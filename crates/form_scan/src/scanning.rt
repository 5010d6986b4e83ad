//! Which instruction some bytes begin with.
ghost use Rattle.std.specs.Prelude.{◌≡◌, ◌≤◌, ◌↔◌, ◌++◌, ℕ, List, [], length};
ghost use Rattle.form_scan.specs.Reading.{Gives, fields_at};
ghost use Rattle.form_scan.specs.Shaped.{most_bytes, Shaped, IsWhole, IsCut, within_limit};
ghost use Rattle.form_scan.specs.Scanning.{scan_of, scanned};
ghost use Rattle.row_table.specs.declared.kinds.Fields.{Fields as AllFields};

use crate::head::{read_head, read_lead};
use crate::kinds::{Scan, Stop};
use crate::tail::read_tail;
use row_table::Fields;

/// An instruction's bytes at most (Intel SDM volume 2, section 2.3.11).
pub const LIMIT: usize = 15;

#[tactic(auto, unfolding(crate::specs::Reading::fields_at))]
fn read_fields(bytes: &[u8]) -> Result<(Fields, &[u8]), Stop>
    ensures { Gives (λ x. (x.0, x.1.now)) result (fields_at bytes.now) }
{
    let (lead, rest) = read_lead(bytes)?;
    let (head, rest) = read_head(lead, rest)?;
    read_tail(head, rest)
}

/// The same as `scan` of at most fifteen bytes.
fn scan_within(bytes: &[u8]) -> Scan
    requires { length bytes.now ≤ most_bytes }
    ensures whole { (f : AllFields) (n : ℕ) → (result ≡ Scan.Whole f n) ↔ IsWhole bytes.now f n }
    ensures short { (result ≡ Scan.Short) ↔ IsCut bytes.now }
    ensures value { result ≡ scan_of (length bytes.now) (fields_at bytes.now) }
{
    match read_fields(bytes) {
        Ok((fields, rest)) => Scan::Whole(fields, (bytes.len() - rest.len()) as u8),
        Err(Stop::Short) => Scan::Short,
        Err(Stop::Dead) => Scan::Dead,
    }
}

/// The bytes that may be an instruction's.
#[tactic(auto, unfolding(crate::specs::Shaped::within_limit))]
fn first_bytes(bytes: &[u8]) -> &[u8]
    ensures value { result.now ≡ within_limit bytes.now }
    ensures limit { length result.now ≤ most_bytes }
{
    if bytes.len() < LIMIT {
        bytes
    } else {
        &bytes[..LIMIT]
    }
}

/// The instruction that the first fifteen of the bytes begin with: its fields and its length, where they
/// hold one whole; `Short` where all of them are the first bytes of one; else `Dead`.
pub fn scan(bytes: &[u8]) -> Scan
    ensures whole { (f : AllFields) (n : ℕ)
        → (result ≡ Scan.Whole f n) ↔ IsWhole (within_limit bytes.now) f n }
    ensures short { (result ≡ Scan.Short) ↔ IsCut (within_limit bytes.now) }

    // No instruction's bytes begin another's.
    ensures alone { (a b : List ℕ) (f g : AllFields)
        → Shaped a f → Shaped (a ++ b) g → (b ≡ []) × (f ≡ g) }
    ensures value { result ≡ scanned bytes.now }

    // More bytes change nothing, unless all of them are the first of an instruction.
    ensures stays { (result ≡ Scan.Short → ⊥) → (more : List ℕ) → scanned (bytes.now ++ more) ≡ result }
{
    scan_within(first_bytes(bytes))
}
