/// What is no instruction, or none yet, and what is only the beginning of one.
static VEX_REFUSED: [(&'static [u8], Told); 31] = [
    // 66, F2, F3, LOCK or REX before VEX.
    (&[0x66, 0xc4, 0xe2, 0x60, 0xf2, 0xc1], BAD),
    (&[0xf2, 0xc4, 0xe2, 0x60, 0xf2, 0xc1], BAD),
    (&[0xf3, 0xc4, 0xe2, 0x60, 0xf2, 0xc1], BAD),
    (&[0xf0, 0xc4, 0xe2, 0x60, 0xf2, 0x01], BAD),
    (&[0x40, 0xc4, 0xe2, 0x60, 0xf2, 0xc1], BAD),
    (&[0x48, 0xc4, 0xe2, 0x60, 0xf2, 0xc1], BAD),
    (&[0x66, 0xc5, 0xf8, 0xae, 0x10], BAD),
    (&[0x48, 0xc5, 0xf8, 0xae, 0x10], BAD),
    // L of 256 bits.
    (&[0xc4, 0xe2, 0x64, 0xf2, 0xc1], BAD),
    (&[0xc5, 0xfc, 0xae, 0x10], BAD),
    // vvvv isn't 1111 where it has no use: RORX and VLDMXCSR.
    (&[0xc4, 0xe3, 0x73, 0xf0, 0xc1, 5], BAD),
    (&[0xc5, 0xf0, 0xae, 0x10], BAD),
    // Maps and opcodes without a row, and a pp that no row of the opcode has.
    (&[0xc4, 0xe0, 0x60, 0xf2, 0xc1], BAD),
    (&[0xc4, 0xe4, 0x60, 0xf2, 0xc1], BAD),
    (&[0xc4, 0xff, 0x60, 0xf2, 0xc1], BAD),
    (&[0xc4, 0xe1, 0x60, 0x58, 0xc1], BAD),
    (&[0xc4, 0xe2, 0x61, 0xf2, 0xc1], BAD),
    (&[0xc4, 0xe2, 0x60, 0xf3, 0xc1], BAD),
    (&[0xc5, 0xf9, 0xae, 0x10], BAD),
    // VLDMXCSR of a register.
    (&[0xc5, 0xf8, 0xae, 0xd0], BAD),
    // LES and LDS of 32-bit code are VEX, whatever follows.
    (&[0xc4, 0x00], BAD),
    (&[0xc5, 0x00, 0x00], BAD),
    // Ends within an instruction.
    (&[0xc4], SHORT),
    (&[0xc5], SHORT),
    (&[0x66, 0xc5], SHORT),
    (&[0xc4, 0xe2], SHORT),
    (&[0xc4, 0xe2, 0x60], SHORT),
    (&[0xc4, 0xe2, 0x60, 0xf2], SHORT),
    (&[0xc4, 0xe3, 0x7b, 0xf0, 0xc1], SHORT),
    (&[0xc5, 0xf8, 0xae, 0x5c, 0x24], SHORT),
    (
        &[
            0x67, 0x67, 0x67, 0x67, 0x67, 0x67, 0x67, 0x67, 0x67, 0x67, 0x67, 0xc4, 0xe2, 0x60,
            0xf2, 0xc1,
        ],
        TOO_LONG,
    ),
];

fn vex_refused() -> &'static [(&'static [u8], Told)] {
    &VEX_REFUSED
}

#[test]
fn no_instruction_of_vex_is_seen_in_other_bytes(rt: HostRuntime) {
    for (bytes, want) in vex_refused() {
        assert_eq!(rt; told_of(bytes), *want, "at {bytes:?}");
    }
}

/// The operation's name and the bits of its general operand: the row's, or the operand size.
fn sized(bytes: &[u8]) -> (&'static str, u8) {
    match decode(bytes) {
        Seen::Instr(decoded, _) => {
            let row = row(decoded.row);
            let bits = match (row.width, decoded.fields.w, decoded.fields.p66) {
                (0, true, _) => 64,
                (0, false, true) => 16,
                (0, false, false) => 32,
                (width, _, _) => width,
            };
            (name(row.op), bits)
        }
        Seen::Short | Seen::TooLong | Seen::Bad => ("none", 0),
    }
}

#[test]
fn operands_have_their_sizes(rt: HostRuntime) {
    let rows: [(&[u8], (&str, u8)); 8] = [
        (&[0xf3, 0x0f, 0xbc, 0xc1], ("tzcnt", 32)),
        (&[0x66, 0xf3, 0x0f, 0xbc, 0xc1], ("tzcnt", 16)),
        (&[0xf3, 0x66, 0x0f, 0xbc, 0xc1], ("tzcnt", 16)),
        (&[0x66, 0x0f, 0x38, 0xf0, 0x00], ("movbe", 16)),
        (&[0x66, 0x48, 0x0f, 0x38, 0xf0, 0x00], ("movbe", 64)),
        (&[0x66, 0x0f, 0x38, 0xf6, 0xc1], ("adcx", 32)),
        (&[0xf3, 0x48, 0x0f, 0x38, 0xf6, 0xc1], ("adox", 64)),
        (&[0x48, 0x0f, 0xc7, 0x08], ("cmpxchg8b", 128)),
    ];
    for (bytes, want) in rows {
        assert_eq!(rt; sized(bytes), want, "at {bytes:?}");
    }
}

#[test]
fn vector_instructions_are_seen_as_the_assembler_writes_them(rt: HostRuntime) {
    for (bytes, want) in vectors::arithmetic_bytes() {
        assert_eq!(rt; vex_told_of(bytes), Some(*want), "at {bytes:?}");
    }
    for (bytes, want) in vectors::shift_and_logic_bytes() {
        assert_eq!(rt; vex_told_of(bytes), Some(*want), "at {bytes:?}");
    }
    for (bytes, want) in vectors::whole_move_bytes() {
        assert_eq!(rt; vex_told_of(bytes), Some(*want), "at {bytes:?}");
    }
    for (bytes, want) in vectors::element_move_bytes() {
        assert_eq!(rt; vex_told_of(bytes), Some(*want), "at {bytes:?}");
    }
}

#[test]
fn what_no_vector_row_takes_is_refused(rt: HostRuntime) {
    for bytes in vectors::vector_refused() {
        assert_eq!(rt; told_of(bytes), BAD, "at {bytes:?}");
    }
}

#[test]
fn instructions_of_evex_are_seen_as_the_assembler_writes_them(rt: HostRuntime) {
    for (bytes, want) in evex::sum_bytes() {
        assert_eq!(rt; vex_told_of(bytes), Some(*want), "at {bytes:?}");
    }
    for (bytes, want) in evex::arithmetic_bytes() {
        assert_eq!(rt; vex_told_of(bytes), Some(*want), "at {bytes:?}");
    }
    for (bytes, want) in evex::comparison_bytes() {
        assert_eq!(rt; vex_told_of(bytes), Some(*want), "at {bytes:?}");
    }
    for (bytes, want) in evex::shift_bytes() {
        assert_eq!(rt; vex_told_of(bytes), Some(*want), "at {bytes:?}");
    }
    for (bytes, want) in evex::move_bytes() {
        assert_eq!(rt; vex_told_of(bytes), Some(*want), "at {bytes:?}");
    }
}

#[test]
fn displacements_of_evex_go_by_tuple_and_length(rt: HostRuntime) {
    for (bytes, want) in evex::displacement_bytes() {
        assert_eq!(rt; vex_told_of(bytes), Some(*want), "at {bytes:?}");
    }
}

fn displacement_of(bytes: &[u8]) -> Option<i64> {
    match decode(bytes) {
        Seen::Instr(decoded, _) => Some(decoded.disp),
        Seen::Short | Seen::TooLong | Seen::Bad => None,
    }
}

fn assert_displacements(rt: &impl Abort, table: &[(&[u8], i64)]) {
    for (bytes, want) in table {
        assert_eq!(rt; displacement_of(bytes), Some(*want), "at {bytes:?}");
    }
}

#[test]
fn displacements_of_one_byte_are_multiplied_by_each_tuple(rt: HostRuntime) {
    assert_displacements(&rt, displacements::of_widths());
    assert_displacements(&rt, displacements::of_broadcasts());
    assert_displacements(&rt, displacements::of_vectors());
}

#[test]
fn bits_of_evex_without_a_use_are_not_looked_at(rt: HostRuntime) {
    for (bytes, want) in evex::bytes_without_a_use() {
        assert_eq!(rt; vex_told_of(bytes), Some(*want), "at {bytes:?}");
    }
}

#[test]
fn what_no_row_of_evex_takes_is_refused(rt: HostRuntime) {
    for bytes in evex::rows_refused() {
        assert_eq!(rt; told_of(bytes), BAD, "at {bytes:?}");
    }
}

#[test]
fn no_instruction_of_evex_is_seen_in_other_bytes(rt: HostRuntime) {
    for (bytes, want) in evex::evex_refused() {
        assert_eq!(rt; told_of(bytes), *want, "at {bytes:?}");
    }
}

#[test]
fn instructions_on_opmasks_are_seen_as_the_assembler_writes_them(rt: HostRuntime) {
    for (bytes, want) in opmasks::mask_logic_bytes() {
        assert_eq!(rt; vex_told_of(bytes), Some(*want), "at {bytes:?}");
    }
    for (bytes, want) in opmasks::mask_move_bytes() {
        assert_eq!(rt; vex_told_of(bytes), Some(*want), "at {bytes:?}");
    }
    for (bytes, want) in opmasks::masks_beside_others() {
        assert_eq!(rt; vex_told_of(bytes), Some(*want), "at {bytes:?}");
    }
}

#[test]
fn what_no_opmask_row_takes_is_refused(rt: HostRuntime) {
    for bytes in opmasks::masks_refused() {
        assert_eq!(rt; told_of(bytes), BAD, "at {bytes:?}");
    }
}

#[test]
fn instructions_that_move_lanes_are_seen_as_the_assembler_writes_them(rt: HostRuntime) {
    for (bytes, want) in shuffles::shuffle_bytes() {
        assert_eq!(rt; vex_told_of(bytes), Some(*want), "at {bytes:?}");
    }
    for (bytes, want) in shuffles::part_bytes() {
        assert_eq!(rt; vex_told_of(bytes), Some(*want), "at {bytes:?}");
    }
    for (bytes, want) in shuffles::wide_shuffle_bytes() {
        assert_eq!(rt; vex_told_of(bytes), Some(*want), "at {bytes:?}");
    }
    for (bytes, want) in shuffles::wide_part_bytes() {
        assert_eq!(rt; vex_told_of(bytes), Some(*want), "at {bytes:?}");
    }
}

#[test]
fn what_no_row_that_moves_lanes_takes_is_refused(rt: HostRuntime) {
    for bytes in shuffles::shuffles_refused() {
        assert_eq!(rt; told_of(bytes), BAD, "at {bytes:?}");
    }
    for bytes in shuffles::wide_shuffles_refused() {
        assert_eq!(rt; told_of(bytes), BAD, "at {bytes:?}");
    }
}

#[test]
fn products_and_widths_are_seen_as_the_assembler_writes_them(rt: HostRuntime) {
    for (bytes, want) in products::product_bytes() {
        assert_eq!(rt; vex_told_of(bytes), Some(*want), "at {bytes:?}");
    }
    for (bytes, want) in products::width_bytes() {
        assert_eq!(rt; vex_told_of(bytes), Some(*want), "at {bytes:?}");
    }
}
+-------+
## What you are asked to do
Return only the lines between the one holding "fn no_instruction_of_vex_is_seen_in_other_bytes(rt: HostRuntime)" and the one holding "for bytes in vectors::vector_refused()", inclusive, exactly as they appear above.

## Result of this task
fn no_instruction_of_vex_is_seen_in_other_bytes(rt: HostRuntime) {
    for (bytes, want) in vex_refused() {
        assert_eq!(rt; told_of(bytes), *want, "at {bytes:?}");
    }
}

/// The operation's name and the bits of its general operand: the row's, or the operand size.
fn sized(bytes: &[u8]) -> (&'static str, u8) {
    match decode(bytes) {
        Seen::Instr(decoded, _) => {
            let row = row(decoded.row);
            let bits = match (row.width, decoded.fields.w, decoded.fields.p66) {
                (0, true, _) => 64,
                (0, false, true) => 16,
                (0, false, false) => 32,
                (width, _, _) => width,
            };
            (name(row.op), bits)
        }
        Seen::Short | Seen::TooLong | Seen::Bad => ("none", 0),
    }
}

#[test]
fn operands_have_their_sizes(rt: HostRuntime) {
    let rows: [(&[u8], (&str, u8)); 8] = [
        (&[0xf3, 0x0f, 0xbc, 0xc1], ("tzcnt", 32)),
        (&[0x66, 0xf3, 0x0f, 0xbc, 0xc1], ("tzcnt", 16)),
        (&[0xf3, 0x66, 0x0f, 0xbc, 0xc1], ("tzcnt", 16)),
        (&[0x66, 0x0f, 0x38, 0xf0, 0x00], ("movbe", 16)),
        (&[0x66, 0x48, 0x0f, 0x38, 0xf0, 0x00], ("movbe", 64)),
        (&[0x66, 0x0f, 0x38, 0xf6, 0xc1], ("adcx", 32)),
        (&[0xf3, 0x48, 0x0f, 0x38, 0xf6, 0xc1], ("adox", 64)),
        (&[0x48, 0x0f, 0xc7, 0x08], ("cmpxchg8b", 128)),
    ];
    for (bytes, want) in rows {
        assert_eq!(rt; sized(bytes), want, "at {bytes:?}");
    }
}

#[test]
fn vector_instructions_are_seen_as_the_assembler_writes_them(rt: HostRuntime) {
    for (bytes, want) in vectors::arithmetic_bytes() {
        assert_eq!(rt; vex_told_of(bytes), Some(*want), "at {bytes:?}");
    }
    for (bytes, want) in vectors::shift_and_logic_bytes() {
        assert_eq!(rt; vex_told_of(bytes), Some(*want), "at {bytes:?}");
    }
    for (bytes, want) in vectors::whole_move_bytes() {
        assert_eq!(rt; vex_told_of(bytes), Some(*want), "at {bytes:?}");
    }
    for (bytes, want) in vectors::element_move_bytes() {
        assert_eq!(rt; vex_told_of(bytes), Some(*want), "at {bytes:?}");
    }
}

#[test]
fn what_no_vector_row_takes_is_refused(rt: HostRuntime) {
    for bytes in vectors::vector_refused() {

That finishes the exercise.